Records from a collection
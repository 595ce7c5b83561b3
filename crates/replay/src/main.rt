// Replays recorded lists of calls through the session and prints what each step answers: its number and kind, the numbers that it carries and
// its bytes in hexadecimal; behind each list, how many bytes are held. Where the session asks for another read, another piece or the close at
// another place, or leaves other bytes, a line says so. What the records hold stands in docs/PROMISES.md, "Outside facts that are run".
// What can't be written is left out.
#![tactic(auto)]

ghost use Rattle.std.specs.Prelude.{◌≤◌};

use boundary_reply::tell;
use features::Features;
use format_flags::{FileMode, SyncFlags};
use format_number::{put_bytes, u64_at};
use ids::Ids;
use program_io::{digits, read_full};
use recv_buf::RecvBuf;
use replay_records::{Kind, Record, decode, next};
use request::Request;
use session::{Pending, Reply, Session, Stepped, Version};
use session_calls::{next_entry, open, recv_next, start};
use session_part::part;

// ---- printing

// Each text is one write, and where it fails the next is tried all the same: a line by one `println!` would end there.
fn print(rt: &impl Print, text: &[u8]) {
    let _ = rt.write_all(text);
}

fn print_decimal(rt: &impl Print, n: u64) {
    let _ = print!(rt; "{n}");
}

fn print_hex(rt: &impl Print, bytes: &[u8]) {
    for &b in bytes {
        print(rt, &digits(b));
    }
}

fn print_field(rt: &impl Print, n: u64) {
    print(rt, b",");
    print_decimal(rt, n);
}

// A line where the session does not do what was recorded.
fn agree(rt: &impl Print, same: bool) {
    if !same {
        print(rt, b"otherwise\n");
    }
}

// ---- parts of a buffer

// The first n bytes of s; all where it has fewer.
fn front(s: &[u8], n: usize) -> &[u8] {
    &s[..n.min(s.len())]
}

// The bytes of s from at on, so many; none where they do not all lie in it.
fn between(s: &[u8], at: u64, len: u64) -> &[u8] {
    let size = s.len() as u64;
    if size < at || size - at < len {
        return &[];
    }
    &s[at as usize..(at + len) as usize]
}

// ---- a list starts

fn ended() -> Session {
    Session {
        capacity: 0,
        message: 0,
        buf: RecvBuf::new(),
        lent: 0,
        features: Features::of(b""),
        ids: Ids::published(),
        ended: true,
        pending: Pending::Idle,
    }
}

// A session on buffers of one length.
fn opened(banner: &[u8], capacity: usize) -> Stepped {
    let session = open(banner, Ids::published(), capacity, capacity).unwrap_or(ended());
    Stepped {
        session,
        reply: Reply::Close,
    }
}

// ---- a call: its number at the boundary, and its two numbers

fn request(number: u8, a: u32, b: u32) -> Request {
    match number {
        1 => Request::Stat,
        2 => Request::Sta2,
        3 => Request::List,
        4 => Request::Lis2,
        5 => Request::Recv,
        6 => Request::Rcv2(SyncFlags(b)),
        7 => Request::Send(FileMode(a)),
        8 => Request::Snd2(FileMode(a), SyncFlags(b)),
        9 => Request::Data,
        10 => Request::Done(a),
        _ => Request::Quit,
    }
}

fn call(s: Session, rx: &mut [u8], msg: &mut [u8], r: Record, lent: &[u8]) -> Stepped {
    match r.number {
        0..=11 => start(s, rx, msg, request(r.number, r.a, r.b), lent),
        12 => next_entry(s, rx, msg, Version::V1, lent.len()),
        13 => next_entry(s, rx, msg, Version::V2, lent.len()),
        _ => recv_next(s, rx, msg, lent.len()),
    }
}

// ---- what a step asks, and what was reported of it

// Whether the words of a reply hold this place.
fn placed(words: &[u8], r: Record) -> bool {
    u64_at(words, 0) == r.a as u64 && u64_at(words, 8) == r.b as u64
}

// Whether the words of a reply name this piece: a part of the receive buffer, of what is lent, or bytes by value.
fn names(words: &[u8], r: Record, piece: &[u8], rx: &[u8], lent: &[u8]) -> bool {
    let first = u64_at(words, 0);
    if r.number == 4 {
        return between(words, 8, first) == piece;
    }
    let len = u64_at(words, 8);
    let all = if r.number == 2 { rx } else { lent };
    first == r.a as u64 && between(all, first, len) == piece
}

// Whether a reply asks what was recorded.
fn asks(reply: Reply, r: Record, piece: &[u8], rx: &[u8], lent: &[u8]) -> bool {
    let mut words = [0u8; 128];
    if tell(reply, &mut words) != r.number as u32 {
        return false;
    }
    match r.kind {
        Kind::Read => placed(&words, r),
        Kind::Write => names(&words, r, piece, rx, lent),
        _ => true,
    }
}

fn report(s: Session, rx: &mut [u8], msg: &mut [u8], r: Record, lent: &[u8]) -> Stepped {
    match r.report {
        Err(fault) => session_faults::fault(s, rx, msg, lent.len(), fault),
        Ok(()) if r.kind == Kind::Read => session_reports::read(s, rx, msg, lent.len(), r.len),
        Ok(()) => session_reports::wrote(s, rx, msg, lent),
    }
}

// ---- a step ends

// How many numbers an answer carries, by its kind and number.
fn carried(kind: u64, number: u32) -> usize
    ensures { result ≤ 11 }
{
    match (kind, number) {
        (2 | 4, _) => 3,
        (3 | 5, _) => 11,
        (7, 10 | 13 | 15 | 16) => 1,
        _ => 0,
    }
}

fn print_part<'a>(rt: &impl Print, reply: Reply, rx: &'a [u8], msg: &'a [u8]) {
    match reply {
        Reply::Told(a) => print_hex(rt, part(a, rx, msg)),
        _ => agree(rt, false),
    }
}

fn print_answer<'a>(rt: &impl Print, reply: Reply, rx: &'a [u8], msg: &'a [u8]) {
    let mut words = [0u8; 128];
    let number = tell(reply, &mut words) / 256;
    let kind = u64_at(&words, 0);
    print_decimal(rt, number as u64);
    print_field(rt, kind);
    for i in 0..carried(kind, number) {
        print_field(rt, u64_at(&words, 24 + 8 * i));
    }
    print(rt, b",");
    print_part(rt, reply, rx, msg);
    print(rt, b"\n");
}

fn held(session: Session) -> usize {
    if session.ended { 0 } else { session.buf.held() }
}

// The list ends: how many bytes are held, and every byte of the receive buffer.
fn print_end(rt: &impl Print, held: usize, rx: &[u8], all: &[u8]) {
    print(rt, b"held,");
    print_decimal(rt, held as u64);
    print(rt, b"\n");
    agree(rt, rx == all);
}

// ---- the records

// What a record says of the reply before it, or of the list at its end. The bytes that came go into the window.
fn on_reply(
    rt: &impl Print,
    step: Stepped,
    rx: &mut [u8],
    msg: &[u8],
    r: Record,
    lent: &[u8],
    bytes: &[u8],
) {
    match r.kind {
        Kind::Read => {
            agree(rt, asks(step.reply, r, bytes, rx, lent));
            put_bytes(rx, r.a as usize, bytes)
        }
        Kind::Write | Kind::Close => agree(rt, asks(step.reply, r, bytes, rx, lent)),
        Kind::Answer => print_answer(rt, step.reply, rx, msg),
        Kind::End => print_end(rt, held(step.session), rx, bytes),
        Kind::Blank | Kind::List | Kind::Call | Kind::Other => (),
    }
}

fn follow(
    rt: &impl Print,
    step: Stepped,
    rx: &mut [u8],
    msg: &mut [u8],
    r: Record,
    lent: &[u8],
    bytes: &[u8],
) -> Stepped {
    on_reply(rt, step, rx, msg, r, lent, bytes);
    match r.kind {
        Kind::Answer | Kind::End | Kind::Other => step,
        Kind::Call => call(step.session, rx, msg, r, lent),
        Kind::Blank | Kind::List | Kind::Read | Kind::Write | Kind::Close => {
            report(step.session, rx, msg, r, lent)
        }
    }
}

// The records of a list behind its first, and where they end.
fn list(
    rt: &impl Print,
    s: &[u8],
    first: Record,
    rx: &mut [u8],
    msg: &mut [u8],
    lent: &mut [u8],
    spare: &mut [u8],
) -> usize
    ensures { first.end ≤ result }
{
    let mut step = opened(front(spare, first.len), rx.len());
    let mut at = first.end;
    let mut n = 0;
    // no `for`: each record says where the next one begins
    while at < s.len() {
        let r = next(s, at, lent, spare);
        at = r.end;
        if r.kind == Kind::Call {
            n = r.len;
        }
        step = follow(rt, step, rx, msg, r, front(lent, n), front(spare, r.len));
        if r.kind == Kind::End {
            return at;
        }
    }
    at
}

// A list on both buffers, filled with one byte, and where it ends.
fn on_list(
    rt: &impl Print,
    s: &[u8],
    first: Record,
    rx: &mut [u8],
    msg: &mut [u8],
    lent: &mut [u8],
    spare: &mut [u8],
) -> usize
    ensures { first.end ≤ result }
{
    let n = first.a as usize;
    rx.fill(first.number);
    msg.fill(first.number);
    if rx.len() < n || msg.len() < n {
        return first.end;
    }
    list(rt, s, first, &mut rx[..n], &mut msg[..n], lent, spare)
}

fn replay(
    rt: &impl Print,
    s: &[u8],
    rx: &mut [u8],
    msg: &mut [u8],
    lent: &mut [u8],
    spare: &mut [u8],
) {
    let mut at = 0;
    // no `for`: each list says where the next one begins
    while at < s.len() {
        let first = next(s, at, lent, spare);
        at = on_list(rt, s, first, rx, msg, lent, spare);
    }
}

fn main(rt: HostRuntime) {
    let mut text = [0u8; 131072];
    let mut records = [0u8; 65536];
    let mut rx = [0u8; 65544];
    let mut msg = [0u8; 65544];
    let mut lent = [0u8; 65544];
    let mut spare = [0u8; 65544];
    let n = read_full(&mut rt.stdin(), &mut text);
    let count = decode(&text[..n], &mut records);
    replay(
        &rt,
        &records[..count],
        &mut rx,
        &mut msg,
        &mut lent,
        &mut spare,
    );
}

EXERCISE AIM
All that is needed is the opening run of the data, given again exactly: please include every line from the first through the line with "fn print(rt: &impl", both ends kept.

RESULT BELOW
repository 595ce7c5b83561b3
filename crates/replay/src/main.rt
// Replays recorded lists of calls through the session and prints what each step answers: its number and kind, the numbers that it carries and
// its bytes in hexadecimal; behind each list, how many bytes are held. Where the session asks for another read, another piece or the close at
// another place, or leaves other bytes, a line says so. What the records hold stands in docs/PROMISES.md, "Outside facts that are run".
// What can't be written is left out.
#![tactic(auto)]

ghost use Rattle.std.specs.Prelude.{◌≤◌};

use boundary_reply::tell;
use features::Features;
use format_flags::{FileMode, SyncFlags};
use format_number::{put_bytes, u64_at};
use ids::Ids;
use program_io::{digits, read_full};
use recv_buf::RecvBuf;
use replay_records::{Kind, Record, decode, next};
use request::Request;
use session::{Pending, Reply, Session, Stepped, Version};
use session_calls::{next_entry, open, recv_next, start};
use session_part::part;

// ---- printing

// Each text is one write, and where it fails the next is tried all the same: a line by one `println!` would end there.
fn print(rt: &impl Print, text: &[u8]) {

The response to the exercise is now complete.